Op 12 februari 2010 gaf Verhofstadt met zijn kritiek op het Franse identiteitsdebat het startschot voor het dispuut. Er was “iets aan het rotten” in het ooit zo inspirerende Frankrijk, waardoor de thema’s van extreemrechts er actueler waren dan ooit.

In een volgend, meer onderbouwd opiniestuk op 24 februari deed Verhofstadt zijn visie op identiteit en burgerschap meer uitgebreid uit de doeken. Zijn redenering gaat als volgt:

“iedere collectieve identiteit reduceert het unieke individu tot één bepaalde categorie of etiket. Hierdoor houdt het geen rekening met het feit dat iedere mens ook een hele reeks andere identiteiten en eigenschappen bezit. Identiteit is bijgevolg een begrip waarop onmogelijk een vredelievende en welvarende maatschappij kan worden gebouwd. Een identitaire samenleving is een maatschappij van uitsluiting en van strijd. Identiteit moet bovendien gezien worden als het nieuwste kleedje waarmee het aloude nationalisme zich tooit.”

Verhofstadt concludeert bijgevolg dat de toekomst van Europa postnationaal zal zijn of niet zal zijn.

In zijn opiniebijdragen op 18 en 22 februari gaat Sven Gatz, fractievoorzitter van Open VLD in het Vlaams parlement, hierop verder. Hij stelt dat een identiteit iets subjectiefs en abstracts is, waardoor de daadkracht ervan beperkt is. Gatz ziet dan ook meer heil in de notie van burgerschap gebaseerd op waarden als vrijheid, gelijkheid, solidariteit en respect als gemeenschappelijk fundament dan in het ongrijpbare concept ‘identiteit’.

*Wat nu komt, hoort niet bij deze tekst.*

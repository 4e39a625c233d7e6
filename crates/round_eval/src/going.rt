ghost use Rattle.std.specs.Prelude.{◌≡◌, ◌+◌, ◌-◌, ◌≤◌, length, IfOk, IfSome, IsNone};
ghost use Rattle.call_model.specs.Limits.{greatest_depth, levels_below};
ghost use Rattle.det_laws.specs.Leads.{Reaches};

use space_step::{Advance, DecodeCache, advance};
use space_tree::{Path, Space};
use std::alloc::AllocError;

// The space goes on where it stands.
fn go_on_here(
    space: &mut Space,
    depth: u8,
    quantum: u32,
    cache: &mut DecodeCache,
) -> Result<Advance, AllocError>
    requires depth { depth ≤ greatest_depth }
    requires quantum { 1 ≤ quantum }
    ensures { IfOk result (λ a. Reaches (levels_below depth) space.old a.ran space.new) }
{
    advance(&mut space.top, depth, quantum, cache)
}

// As `go_on_here`, of the space at a path from a space at this depth.
fn go_on_below(
    space: &mut Space,
    path: &[u16],
    depth: u8,
    quantum: u32,
    cache: &mut DecodeCache,
) -> Result<Option<Advance>, AllocError>
    requires depth { depth + length path.now ≤ greatest_depth }
    requires quantum { 1 ≤ quantum }
    ensures some { IfOk result (λ o. IfSome o (λ a. Reaches (levels_below depth) space.old a.ran space.new)) }
    ensures none { IfOk result (λ o. IsNone o → space.new ≡ space.old) }
{
    match path {
        [] => Ok(Some(go_on_here(space, depth, quantum, cache)?)),
        [number, rest @ ..] => {
            let Some(child) = space.children.get_mut(*number) else {
                return Ok(None);
            };
            go_on_below(child, rest, depth + 1, quantum, cache)
        }
    }
}

/// The space at a path goes on in its place, for as many local events as the quantum, and fewer only where what is next is none. None where no
/// space stands there. The one error is want of memory.
pub(crate) fn go_on(
    space: &mut Space,
    path: &Path,
    quantum: u32,
    cache: &mut DecodeCache,
) -> Result<Option<Advance>, AllocError>
    requires { 1 ≤ quantum }
    ensures some { IfOk result (λ o. IfSome o (λ a. Reaches greatest_depth space.old a.ran space.new)) }
    ensures none { IfOk result (λ o. IsNone o → space.new ≡ space.old) }
{
    go_on_below(space, path.as_slice(), 0, quantum, cache)
}
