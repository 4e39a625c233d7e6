ghost use Rattle.std.specs.Prelude.{IfOk, List};
ghost use Rattle.std.specs.List.{AllZip};
ghost use Rattle.round_eval.specs.Jobs.{WentOn};
ghost use Rattle.round_eval.specs.Begun.{IsFor};
ghost use Rattle.round_eval.specs.declared.job.Job.{Job};

use crate::begun::{Begun, GoesOn};
use crate::engine::Engine;
use crate::job::{Done, Job};
use crate::job_run::run;
use crate::pace::Pace;
use space_step::DecodeCache;
use std::alloc::{AllocError, Global};
use std::snapshot::Snapshot;
use std::thread;
use std::thread::{SpawnError, Threads};

// The space of a job goes on in a thread that has decoded nothing.
fn run_new(alloc: Global, job: Job, pace: &Pace) -> Result<Done, AllocError>
    ensures { IfOk result (λ done. WentOn job done) }
{
    let mut cache = DecodeCache::new(alloc)?;
    run(job, pace, &mut cache)
}

// A thread for a job; where none can be started, the job is done here.
fn begin_one(rt: &impl Threads, alloc: Global, job: Job, pace: Pace) -> Begun
    ensures { IsFor job result }
{
    let promise = GoesOn(Snapshot::of(&job));
    let work = move || -> Result<Done, AllocError>
        ensures { IfOk result (λ done. WentOn job done) }
    { run_new(alloc, job, &pace) };
    match thread::spawn_with(rt, promise, work) {
        Ok(handle) => Begun::Running(handle),
        Err(SpawnError { value }) => Begun::Ended(value()),
    }
}

/// Each job in a thread of its own, started one after the other.
pub(crate) fn begin_each(
    rt: &impl Threads,
    engine: &Engine,
    jobs: Vec<Job>,
) -> Result<Vec<Begun>, AllocError>
    ensures { IfOk result (λ v. AllZip IsFor jobs.items v.items) }
{
    let mut begun = Vec::with_capacity(engine.alloc, jobs.len())?;
    for job in jobs {
        let pace = engine.pace.share()?;
        begun.push(begin_one(rt, engine.alloc, job, pace))?;
    }
    Ok(begun)
}

// What became of a job.
fn end_one(rt: &impl Threads, begun: Begun) -> Result<Done, AllocError>
    ensures { (j : Job) → IsFor j begun → IfOk result (λ done. WentOn j done) }
{
    match begun {
        Begun::Running(handle) => handle.join(rt),
        Begun::Ended(result) => result,
    }
}

/// What became of each, in order.
pub(crate) fn end_each(
    rt: &impl Threads,
    alloc: Global,
    begun: Vec<Begun>,
) -> Result<Vec<Done>, AllocError>
    ensures { (js : List Job) → AllZip IsFor js begun.items → IfOk result (λ v. AllZip WentOn js v.items) }
{
    let mut dones = Vec::with_capacity(alloc, begun.len())?;
    for one in begun {
        dones.push(end_one(rt, one)?)?;
    }
    Ok(dones)
}
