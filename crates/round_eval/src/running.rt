ghost use Rattle.std.specs.Prelude.{◌≡◌, ◌≤◌, true, IfOk};
ghost use Rattle.space_model.specs.Sound.{IsSound};
ghost use Rattle.space_model.specs.Space.{is_settled};
ghost use Rattle.run_model.specs.Demand.{settle_tree};
ghost use Rattle.round_eval.specs.Later.{IsLater};

use crate::engine::Engine;
use crate::hints::Hints;
use crate::round::round;
use demand_eval::settle;
use space_tree::Space;
use std::alloc::{AllocError, Global};
use std::thread::Threads;

// A round where the hints say, and where it finds nothing, one where a search of the tree says.
#[tactic(auto, using(crate::proofs::Later::then_second))]
fn next_round(
    rt: &(impl Threads + Sync),
    engine: &mut Engine,
    space: &mut Space,
) -> Result<bool, AllocError>
    ensures { IfOk result (λ some. IsLater some space.old space.new) }
{
    engine.pace.begin();
    let hinted = round(rt, engine, space)?;
    if hinted {
        return Ok(hinted);
    }
    engine.hints = Hints::search(engine.alloc, space)?;
    let found = round(rt, engine, space)?;
    Ok(found)
}

/// Runs a whole tree until no space in it runs. In each round the spaces that have local events go on side by side, each for at most `quantum` events,
/// which is at least 1, or up to 16 times as many while none of them stops or calls, by as many threads as there are processors; then each call
/// whose time has come meets its children (OSDI 2010, "Efficient System-Enforced Deterministic Parallelism", the section on the kernel interface:
/// spaces run in parallel, and synchronize by Put, Get and Ret alone).
/// What comes of it is what `settle` gives, whatever the quantum and the number of threads. The one error is want of memory; the tree is given up then.
#[tactic(auto, using(crate::proofs::Later::later_sound, crate::proofs::Later::later_settles, crate::proofs::Later::later_fewer))]
pub fn rounds(
    rt: &(impl Threads + Sync),
    alloc: Global,
    mut space: Space,
    quantum: u32,
) -> Result<Space, AllocError>
    requires sound { IsSound space }
    requires quantum { 1 ≤ quantum }
    ensures meaning { IfOk result (λ s. s ≡ settle_tree space) }
    ensures settled { IfOk result (λ s. is_settled s ≡ true) }
    ensures sound { IfOk result IsSound }
{
    let mut engine = Engine::new(rt, alloc, &space, quantum)?;
    'rounds: loop {
        let some = next_round(rt, &mut engine, &mut space)?;
        if !some {
            break;
        }
    }
    // No space has an event left; `settle` looks at each once more and says so.
    settle(alloc, space)
}
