ghost use Rattle.std.specs.Prelude.{◌≤◌};

use arrayvec::ArrayVec;
use call_model::limits::GREATEST_DEPTH;
use space_step::{AcceptedCall, Next};
use space_tree::{Path, Space};
use std::alloc::{AllocError, Global};
use std::mem;
use trap_ret::awaits;

// How many quanta a turn has at most: some 70 milliseconds.
const MOST_QUANTA: u32 = 16;

/// A space that ran when it was looked at last.
#[derive(Drop)]
pub(crate) struct Runner {
    pub(crate) path: Path,
    /// Whether it came through its last quantum.
    pub(crate) came_through: bool,
}

/// Where to look next: the spaces that run, and those whose calls may find ready what they wait for. What is missing here is found by a search of
/// the tree, and what is here for nothing changes nothing; so no clause speaks of it.
#[derive(Drop)]
pub(crate) struct Hints {
    alloc: Global,
    running: Vec<Runner>,
    calls: Vec<Path>,
    // How many quanta a turn has.
    quanta: u32,
}

impl Hints {
    /// Nothing to look at.
    pub(crate) fn new(alloc: Global) -> Hints {
        Hints {
            alloc,
            running: Vec::new(alloc),
            calls: Vec::new(alloc),
            quanta: 1,
        }
    }

    /// All spaces of a tree that run. The one error is want of memory.
    pub(crate) fn search(alloc: Global, space: &Space) -> Result<Hints, AllocError> {
        let mut hints = Hints::new(alloc);
        hints.search_below(space, &ArrayVec::new(), GREATEST_DEPTH)?;
        Ok(hints)
    }

    // Those of the space at a path, and of so many levels below it.
    fn search_below(&mut self, space: &Space, path: &Path, levels: u8) -> Result<(), AllocError> {
        if !space.top.is_stopped() {
            self.runs(path.clone()?, false)?;
        }
        if levels == 0 || space.children.are_known_settled() {
            return Ok(());
        }
        for (number, child) in space.children.entries() {
            let mut below = path.clone()?;
            if below.try_push(*number).is_ok() {
                self.search_below(child, &below, levels - 1)?;
            }
        }
        Ok(())
    }

    // A space runs.
    fn runs(&mut self, path: Path, came_through: bool) -> Result<(), AllocError> {
        self.running.push(Runner { path, came_through })?;
        Ok(())
    }

    /// What is next of a space that has gone on: it came through its quantum; or its call may find ready what it waits for; or it has stopped, and
    /// the calls of the spaces above it may.
    pub(crate) fn note(&mut self, path: Path, next: Next) -> Result<(), AllocError> {
        match next {
            Next::Local => self.runs(path, true),
            Next::Meet(_) => self.calls(path),
            Next::Stopped => self.calls_above(&path),
        }
    }

    // The call of a space may find ready what it waits for.
    fn calls(&mut self, path: Path) -> Result<(), AllocError> {
        self.calls.push(path)?;
        Ok(())
    }

    // The calls of the spaces above one that has stopped.
    fn calls_above(&mut self, path: &Path) -> Result<(), AllocError> {
        for length in 0..path.len() {
            let mut above = path.clone()?;
            above.truncate(length);
            self.calls(above)?;
        }
        Ok(())
    }

    /// A call of the space at a path has met its children: those that it waited for may run.
    pub(crate) fn met_below(&mut self, path: &Path, call: AcceptedCall) -> Result<(), AllocError> {
        let all = awaits(call);
        for index in 0..all.len() {
            let awaited = all.get(index);
            let mut child = path.clone()?;
            if child.try_push(awaited.number).is_ok() {
                self.runs(child, false)?;
            }
        }
        Ok(())
    }

    /// As `met_below`, and its caller goes on.
    pub(crate) fn met(&mut self, path: Path, call: AcceptedCall) -> Result<(), AllocError> {
        self.met_below(&path, call)?;
        self.runs(path, false)
    }

    /// Whether a space may run.
    pub(crate) fn some_run(&self) -> bool {
        !self.running.is_empty()
    }

    /// Whether a call may find ready what it waits for.
    pub(crate) fn some_calls(&self) -> bool {
        !self.calls.is_empty()
    }

    /// These go on in the next round.
    pub(crate) fn keep(&mut self, turns: Vec<Path>) -> Result<(), AllocError> {
        for path in turns {
            self.runs(path, true)?;
        }
        Ok(())
    }

    /// How many events a turn has, which is of several quanta where nobody waits.
    pub(crate) fn turn_of(&self, quantum: u32) -> u32
        ensures { quantum ≤ result }
    {
        quantum.saturating_mul(self.quanta).max(quantum)
    }

    /// The next turns are of a single quantum: somebody waits.
    pub(crate) fn hurry(&mut self) {
        self.quanta = 1;
    }

    /// The turns of a round are over. Where all came through theirs, the next have twice as many quanta, up to 16; where one did not, a single one again.
    pub(crate) fn end_turns(&mut self) {
        self.quanta = if self.calls.is_empty() {
            (self.quanta.saturating_mul(2)).min(MOST_QUANTA)
        } else {
            1
        };
    }

    /// The spaces that run; none are left.
    pub(crate) fn take_running(&mut self) -> Vec<Runner> {
        mem::replace(&mut self.running, Vec::new(self.alloc))
    }

    /// The paths of the calls, in their order, each once; none are left.
    pub(crate) fn take_calls(&mut self) -> Vec<Path> {
        let mut calls = mem::replace(&mut self.calls, Vec::new(self.alloc));
        calls.sort_unstable();
        calls.dedup();
        calls
    }
}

Een repliek van Bart De Wever op dit liberale pleidooi tegen een identiteitsdenken kon uiteraard niet uitblijven. In een opiniestuk op 2 maart pleit hij resoluut voor een culturele identiteit als positief functioneel middel. De Wever erkent dat identiteit een sociale constructie is die een groep mensen die elkaar niet persoonlijk kennen, tracht te verbeelden tot een samenhorige gemeenschap.

Verder maakt hij een onderscheid tussen een gesloten nationalisme en inclusief nationalisme. Het eerste legt de klemtoon op etnoculturele elementen die niet door buitenstaanders verworven kunnen worden. Het tweede legt daarentegen het accent op een burgerschap gebaseerd op civiele en culturele elementen (bijvoorbeeld verwerving van de taal) die men zich eigen kan maken als men tot de club wil toetreden.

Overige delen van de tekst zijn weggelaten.